What the exercise asks:
Repeat exactly the lines from the line containing "impl<'a> Model for" through the last line of the records below, inclusive, and nothing else.
........
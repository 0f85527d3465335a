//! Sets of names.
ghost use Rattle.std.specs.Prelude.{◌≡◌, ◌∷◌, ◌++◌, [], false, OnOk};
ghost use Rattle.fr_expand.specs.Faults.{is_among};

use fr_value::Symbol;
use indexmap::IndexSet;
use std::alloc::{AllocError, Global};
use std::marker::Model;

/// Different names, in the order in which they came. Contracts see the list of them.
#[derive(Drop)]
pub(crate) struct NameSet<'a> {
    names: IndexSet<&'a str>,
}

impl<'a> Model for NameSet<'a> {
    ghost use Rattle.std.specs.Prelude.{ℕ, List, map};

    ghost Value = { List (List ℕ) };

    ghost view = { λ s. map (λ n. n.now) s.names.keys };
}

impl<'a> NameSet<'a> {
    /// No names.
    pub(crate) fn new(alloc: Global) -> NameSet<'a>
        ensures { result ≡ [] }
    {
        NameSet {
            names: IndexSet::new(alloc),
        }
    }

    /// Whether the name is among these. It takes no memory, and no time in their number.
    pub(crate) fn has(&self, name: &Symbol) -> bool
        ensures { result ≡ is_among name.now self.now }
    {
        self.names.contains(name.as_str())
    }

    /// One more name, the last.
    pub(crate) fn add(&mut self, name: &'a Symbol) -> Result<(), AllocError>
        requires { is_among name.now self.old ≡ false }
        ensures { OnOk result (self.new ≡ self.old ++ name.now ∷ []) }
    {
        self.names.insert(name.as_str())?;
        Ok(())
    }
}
........
Solved exercise:
impl<'a> Model for NameSet<'a> {
    ghost use Rattle.std.specs.Prelude.{ℕ, List, map};

    ghost Value = { List (List ℕ) };

    ghost view = { λ s. map (λ n. n.now) s.names.keys };
}

impl<'a> NameSet<'a> {
    /// No names.
    pub(crate) fn new(alloc: Global) -> NameSet<'a>
        ensures { result ≡ [] }
    {
        NameSet {
            names: IndexSet::new(alloc),
        }
    }

    /// Whether the name is among these. It takes no memory, and no time in their number.
    pub(crate) fn has(&self, name: &Symbol) -> bool
        ensures { result ≡ is_among name.now self.now }
    {
        self.names.contains(name.as_str())
    }

    /// One more name, the last.
    pub(crate) fn add(&mut self, name: &'a Symbol) -> Result<(), AllocError>
        requires { is_among name.now self.old ≡ false }
        ensures { OnOk result (self.new ≡ self.old ++ name.now ∷ []) }
    {
        self.names.insert(name.as_str())?;
        Ok(())
    }
}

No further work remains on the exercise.